Celso Luiz Diário do Grande ABC - Notícias e informações do Grande ABC: Santo André, São Bernardo, São Caetano, Diadema, Mauá, Ribeirão Pires e Rio Grande da Serra

Esquema era coordenado no gabinete da vereadora Elian Santana, de Santo André


Fábio Martins
Do Diário do Grande ABC

15/01/2019 | 18:40


Quatro pessoas foram incluídas em lista de rés por ligação em esquema de concessão de aposentadorias ilegais no cadastro do INSS (Instituto Nacional do Seguro Social) - o gabinete da vereadora afastada Elian Santana (SD), de Santo André, aparece como sede das fraudes previdenciárias. Os envolvidos foram denunciados pelo MPF (Ministério Público Federal), depois de deflagração da Operação Barbour, que visou desbaratar a organização. Em ação penal, a Justiça aguarda a manifestação de outros dois acusados para adicioná-los no rol, entre eles, inclusive, a própria parlamentar.

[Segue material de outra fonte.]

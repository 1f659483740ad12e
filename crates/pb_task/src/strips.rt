//! STRIPS tasks: sets of atoms as states, and the steps by ground actions.
ghost use Rattle.std.specs.Prelude.{◌≡◌, ℕ, ◌*◌, ◌<◌, ◌≤◌, ◌↔◌, ◌+◌, ◌++◌, IsTrue, None, false, length, vec_capacity, vec_len};
ghost use Rattle.pb_packed.specs.Words.{number_of, AreWords};
ghost use Rattle.pb_model.specs.Space.{steps, successor_list};
ghost use Rattle.pb_task.specs.Marks.{is_marked};
ghost use Rattle.pb_task.specs.Strips.{IsStrips, action_at, has_atom, is_atom_set, is_strips_goal, state_after, strips_step, strips_space, name_in};

use crate::marks::next_marked;
use crate::parts::StripsParts;
use crate::sets;
use crate::steps::push_successor;
use pb_model::Succ;
use pb_packed::Packed;

/// Whether a state is a set of the task's atoms.
pub fn is_state(strips: &StripsParts, state: &Packed) -> bool
    requires { IsStrips strips.now }
    ensures { result ≡ is_atom_set strips.now.atoms state.now }
{
    sets::is_atom_set(strips.atoms, state)
}

/// Whether all atoms of the goal hold in a state, and the goal asks for no fact that never holds.
pub fn is_goal(strips: &StripsParts, state: &Packed) -> bool
    requires { IsStrips strips.now }
    ensures { result ≡ is_strips_goal strips.now state.now }
{
    let may_hold = !strips.never;
    may_hold && sets::is_subset(&strips.goal, state)
}

/// How many actions there are.
pub fn actions(strips: &StripsParts) -> u32
    requires { IsStrips strips.now }
    ensures { result ≡ length strips.now.actions }
{
    strips.actions.len() as u32
}

// Whether all that an action needs holds in the state that these words spell.
#[inline]
fn needs_hold<const W: usize>(strips: &StripsParts, held: &[u64; W], action: u32) -> bool
    requires fits { strips.now.atoms ≤ 64 * W }
    requires strips { IsStrips strips.now }
    requires held { AreWords W held.now }
    requires action { action < length strips.now.actions }
    ensures { IsTrue result ↔ ((atom : ℕ)
        → IsTrue (has_atom (action_at strips.now.actions action).needs atom)
        → IsTrue (has_atom (number_of held.now) atom)) }
{
    let needs = sets::first_words::<W>(strips.actions.words_of_needs(action as usize));
    sets::is_within(needs, held)
}

// The state after an action, of the one that these words spell.
#[inline]
fn state_after<const W: usize>(strips: &StripsParts, held: &[u64; W], action: u32) -> Packed
    requires some { 1 ≤ W }
    requires most { W ≤ 16 }
    requires fits { strips.now.atoms ≤ 64 * W }
    requires strips { IsStrips strips.now }
    requires held { AreWords W held.now }
    requires state { IsTrue (is_atom_set strips.now.atoms (number_of held.now)) }
    requires action { action < length strips.now.actions }
    ensures { result ≡ state_after strips.now.atoms (action_at strips.now.actions action)
        (number_of held.now) }
{
    let at = action as usize;
    let adds = sets::first_words::<W>(strips.actions.words_of_adds(at));
    let deletes = sets::first_words::<W>(strips.actions.words_of_deletes(at));
    sets::after(adds, deletes, held)
}

// The step from the state that these words spell by an action.
#[inline]
fn step_from<const W: usize>(
    strips: &StripsParts,
    held: &[u64; W],
    action: u32,
) -> Option<(Packed, u64)>
    requires some { 1 ≤ W }
    requires most { W ≤ 16 }
    requires fits { strips.now.atoms ≤ 64 * W }
    requires strips { IsStrips strips.now }
    requires held { AreWords W held.now }
    requires state { IsTrue (is_atom_set strips.now.atoms (number_of held.now)) }
    ensures { result ≡ strips_step strips.now (number_of held.now) action }
{
    let at = action as usize;
    if strips.actions.len() <= at {
        return None;
    }
    if needs_hold(strips, held, action) {
        let state = state_after(strips, held, action);
        Some((state, strips.actions.cost(at)))
    } else {
        None
    }
}

// The step from a state by an action, of a task whose atoms fit so many words.
#[inline]
fn step_in<const W: usize>(
    strips: &StripsParts,
    from: &Packed,
    action: u32,
) -> Option<(Packed, u64)>
    requires some { 1 ≤ W }
    requires most { W ≤ 16 }
    requires fits { strips.now.atoms ≤ 64 * W }
    requires strips { IsStrips strips.now }
    requires state { IsTrue (is_atom_set strips.now.atoms from.now) }
    ensures { result ≡ strips_step strips.now from.now action }
{
    let held = from.in_words::<W>().to_array();
    step_from(strips, &held, action)
}

// The step from a state by an action, in 4 words. Not inline, so that the step in one word is
// short.
#[inline(never)]
fn step_in_few(strips: &StripsParts, from: &Packed, action: u32) -> Option<(Packed, u64)>
    requires fits { strips.now.atoms ≤ 256 }
    requires strips { IsStrips strips.now }
    requires state { IsTrue (is_atom_set strips.now.atoms from.now) }
    ensures { result ≡ strips_step strips.now from.now action }
{
    step_in::<4>(strips, from, action)
}

// The step from a state by an action, in all 16 words. Not inline either.
#[inline(never)]
fn step_in_all(strips: &StripsParts, from: &Packed, action: u32) -> Option<(Packed, u64)>
    requires strips { IsStrips strips.now }
    requires state { IsTrue (is_atom_set strips.now.atoms from.now) }
    ensures { result ≡ strips_step strips.now from.now action }
{
    step_in::<16>(strips, from, action)
}

/// The step from a state by an action.
pub fn step(strips: &StripsParts, from: &Packed, action: u32) -> Option<(Packed, u64)>
    requires strips { IsStrips strips.now }
    requires state { IsTrue (is_atom_set strips.now.atoms from.now) }
    ensures { result ≡ strips_step strips.now from.now action }
{
    // A step costs less in fewer words, and most words of a small task's states are 0.
    if strips.atoms <= 64 {
        step_in::<1>(strips, from, action)
    } else if strips.atoms <= 256 {
        step_in_few(strips, from, action)
    } else {
        step_in_all(strips, from, action)
    }
}

// Adds the successor by an action of the state that these words spell, if the action is applicable,
// to a list that has room for it. The state after the action is made where it is added.
#[inline]
fn push_step<const W: usize>(
    strips: &StripsParts,
    held: &[u64; W],
    action: u32,
    out: &mut Vec<Succ>,
)
    requires some { 1 ≤ W }
    requires most { W ≤ 16 }
    requires fits { strips.now.atoms ≤ 64 * W }
    requires strips { IsStrips strips.now }
    requires held { AreWords W held.now }
    requires state { IsTrue (is_atom_set strips.now.atoms (number_of held.now)) }
    requires action { action < length strips.now.actions }
    requires room { vec_len out.old < vec_capacity out.old }
    ensures items { out.new.items ≡ out.old.items
        ++ successor_list action (strips_step strips.now (number_of held.now) action) }
    ensures len { vec_len out.new ≤ vec_len out.old + 1 }
    ensures room { vec_capacity out.old ≤ vec_capacity out.new }
{
    if needs_hold(strips, held, action) {
        let cost = strips.actions.cost(action as usize);
        push_successor(out, action, state_after(strips, held, action), cost);
    }
}

// Replaces the list by all successors of a state, of a task whose atoms fit so many words.
#[inline]
fn successors_in<const W: usize>(strips: &StripsParts, from: &Packed, out: &mut Vec<Succ>)
    requires some { 1 ≤ W }
    requires most { W ≤ 16 }
    requires fits { strips.now.atoms ≤ 64 * W }
    requires strips { IsStrips strips.now }
    requires state { IsTrue (is_atom_set strips.now.atoms from.now) }
    requires room { length strips.now.actions ≤ vec_capacity out.old }
    ensures successors { out.new.items ≡ steps (strips_space strips.now) from.now }
    ensures room { vec_capacity out.old ≤ vec_capacity out.new }
{
    out.clear();
    // The state is turned into words once for all actions.
    let held = from.in_words::<W>().to_array();
    for action in 0..actions(strips) {
        push_step(strips, &held, action, out);
    }
}

// Replaces the list by all successors of a state, in 4 words. Not inline, so that the form in one
// word is short.
#[inline(never)]
fn successors_in_few(strips: &StripsParts, from: &Packed, out: &mut Vec<Succ>)
    requires fits { strips.now.atoms ≤ 256 }
    requires strips { IsStrips strips.now }
    requires state { IsTrue (is_atom_set strips.now.atoms from.now) }
    requires room { length strips.now.actions ≤ vec_capacity out.old }
    ensures successors { out.new.items ≡ steps (strips_space strips.now) from.now }
    ensures room { vec_capacity out.old ≤ vec_capacity out.new }
{
    successors_in::<4>(strips, from, out);
}

// Replaces the list by all successors of a state, in all 16 words. Not inline either.
#[inline(never)]
fn successors_in_all(strips: &StripsParts, from: &Packed, out: &mut Vec<Succ>)
    requires strips { IsStrips strips.now }
    requires state { IsTrue (is_atom_set strips.now.atoms from.now) }
    requires room { length strips.now.actions ≤ vec_capacity out.old }
    ensures successors { out.new.items ≡ steps (strips_space strips.now) from.now }
    ensures room { vec_capacity out.old ≤ vec_capacity out.new }
{
    successors_in::<16>(strips, from, out);
}

/// Replaces the list by all successors of a state, in order of the actions.
pub fn successors(strips: &StripsParts, from: &Packed, out: &mut Vec<Succ>)
    requires strips { IsStrips strips.now }
    requires state { IsTrue (is_atom_set strips.now.atoms from.now) }
    requires room { length strips.now.actions ≤ vec_capacity out.old }
    ensures successors { out.new.items ≡ steps (strips_space strips.now) from.now }
    ensures room { vec_capacity out.old ≤ vec_capacity out.new }
{
    if strips.atoms <= 64 {
        successors_in::<1>(strips, from, out);
    } else if strips.atoms <= 256 {
        successors_in_few(strips, from, out);
    } else {
        successors_in_all(strips, from, out);
    }
}

// Replaces the list by all successors of a state, of a task whose atoms fit so many words. No
// action but the marked ones is applicable.
#[inline]
fn among_in<const W: usize>(strips: &StripsParts, from: &Packed, marks: &[u64], out: &mut Vec<Succ>)
    requires some { 1 ≤ W }
    requires most { W ≤ 16 }
    requires fits { strips.now.atoms ≤ 64 * W }
    requires strips { IsStrips strips.now }
    requires marks { length strips.now.actions ≤ 64 * length marks.now }
    requires others { (action : ℕ) → action < length strips.now.actions
        → is_marked marks.now action ≡ false → strips_step strips.now from.now action ≡ None }
    requires state { IsTrue (is_atom_set strips.now.atoms from.now) }
    requires room { length strips.now.actions ≤ vec_capacity out.old }
    ensures successors { out.new.items ≡ steps (strips_space strips.now) from.now }
    ensures room { vec_capacity out.old ≤ vec_capacity out.new }
{
    out.clear();
    let held = from.in_words::<W>().to_array();
    let count = actions(strips);
    let mut action = next_marked(marks, 0, count);
    while action < count {
        push_step(strips, &held, action, out);
        action = next_marked(marks, action + 1, count);
    }
}

// The same, in 4 words. Not inline, so that the form in one word is short.
#[inline(never)]
fn among_in_few(strips: &StripsParts, from: &Packed, marks: &[u64], out: &mut Vec<Succ>)
    requires fits { strips.now.atoms ≤ 256 }
    requires strips { IsStrips strips.now }
    requires marks { length strips.now.actions ≤ 64 * length marks.now }
    requires others { (action : ℕ) → action < length strips.now.actions
        → is_marked marks.now action ≡ false → strips_step strips.now from.now action ≡ None }
    requires state { IsTrue (is_atom_set strips.now.atoms from.now) }
    requires room { length strips.now.actions ≤ vec_capacity out.old }
    ensures successors { out.new.items ≡ steps (strips_space strips.now) from.now }
    ensures room { vec_capacity out.old ≤ vec_capacity out.new }
{
    among_in::<4>(strips, from, marks, out);
}

// The same, in all 16 words. Not inline either.
#[inline(never)]
fn among_in_all(strips: &StripsParts, from: &Packed, marks: &[u64], out: &mut Vec<Succ>)
    requires strips { IsStrips strips.now }
    requires marks { length strips.now.actions ≤ 64 * length marks.now }
    requires others { (action : ℕ) → action < length strips.now.actions
        → is_marked marks.now action ≡ false → strips_step strips.now from.now action ≡ None }
    requires state { IsTrue (is_atom_set strips.now.atoms from.now) }
    requires room { length strips.now.actions ≤ vec_capacity out.old }
    ensures successors { out.new.items ≡ steps (strips_space strips.now) from.now }
    ensures room { vec_capacity out.old ≤ vec_capacity out.new }
{
    among_in::<16>(strips, from, marks, out);
}

/// Replaces the list by all successors of a state, in order of the actions, where no action but the
/// marked ones is applicable.
pub fn successors_among(strips: &StripsParts, from: &Packed, marks: &[u64], out: &mut Vec<Succ>)
    requires strips { IsStrips strips.now }
    requires marks { length strips.now.actions ≤ 64 * length marks.now }
    requires others { (action : ℕ) → action < length strips.now.actions
        → is_marked marks.now action ≡ false → strips_step strips.now from.now action ≡ None }
    requires state { IsTrue (is_atom_set strips.now.atoms from.now) }
    requires room { length strips.now.actions ≤ vec_capacity out.old }
    ensures successors { out.new.items ≡ steps (strips_space strips.now) from.now }
    ensures room { vec_capacity out.old ≤ vec_capacity out.new }
{
    if strips.atoms <= 64 {
        among_in::<1>(strips, from, marks, out);
    } else if strips.atoms <= 256 {
        among_in_few(strips, from, marks, out);
    } else {
        among_in_all(strips, from, marks, out);
    }
}

/// The name of an action.
pub fn name(strips: &StripsParts, action: u32) -> &str
    requires { action < length strips.now.actions }
    ensures { result.now ≡ name_in strips.now.actions action }
{
    strips.actions.name(action as usize)
}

Elian já foi indiciada pela PF (Polícia Federal) por peculato, organização criminosa e fraude previdenciária. Ela responde em liberdade depois de conseguir habeas corpus. Dois bancários favorecidos pelo esquema estão entre os réus, de acordo com a Promotoria, sem citar os nomes dos funcionários. Um deles, 47 anos, pagou R$ 9.000 pelos serviços do grupo, que resultaram na obtenção de aposentadoria de R$ 3.000 mensais a partir de setembro do ano passado. O outro, 50 anos, foi contemplado no mesmo mês. Após pagar R$ 10 mil aos fraudadores, ele passou a receber quase R$ 3.500 de aposentadoria. Nos dois casos, os cadastros dos segurados demonstram períodos de serviço como impressores offset, cargo que nunca existiu na estrutura do banco onde trabalhavam.

Outros ''clientes'' da organização devem ser alvos de novas denúncias à medida que as investigações avançarem junto aos órgãos de controle. Após a revelação das fraudes, segundo a ação, alguns deles têm procurado as autoridades para devolver voluntariamente os valores recebidos. Estima-se que as fraudes tenham gerado a liberação de centenas de aposentadorias irregulares em pouco mais de um ano. Até agora, as autoridades já identificaram 26 desses benefícios, correspondentes ao pagamento de R$ 713,5 mil aos destinatários desde sua concessão.

As práticas ilícitas, conforme o MPF, incluem falsificação de documentos, inserção de dados falsos em sistemas públicos informatizados, peculato e associação criminosa. O grupo aliciava pessoas - a maioria bancários - interessadas em supostos serviços de assessoria previdenciária a fim de antecipar a aposentadoria. Em troca, cobrava valores entre R$ 8.000 e R$ 15 mil. Feito o acordo entre as partes, os beneficiários enviavam – muitas vezes diretamente ao gabinete da vereadora – os documentos pessoais requeridos, que, junto a outros papéis forjados pelos envolvidos, eram encaminhados à agência do INSS em Diadema para a conclusão do processo.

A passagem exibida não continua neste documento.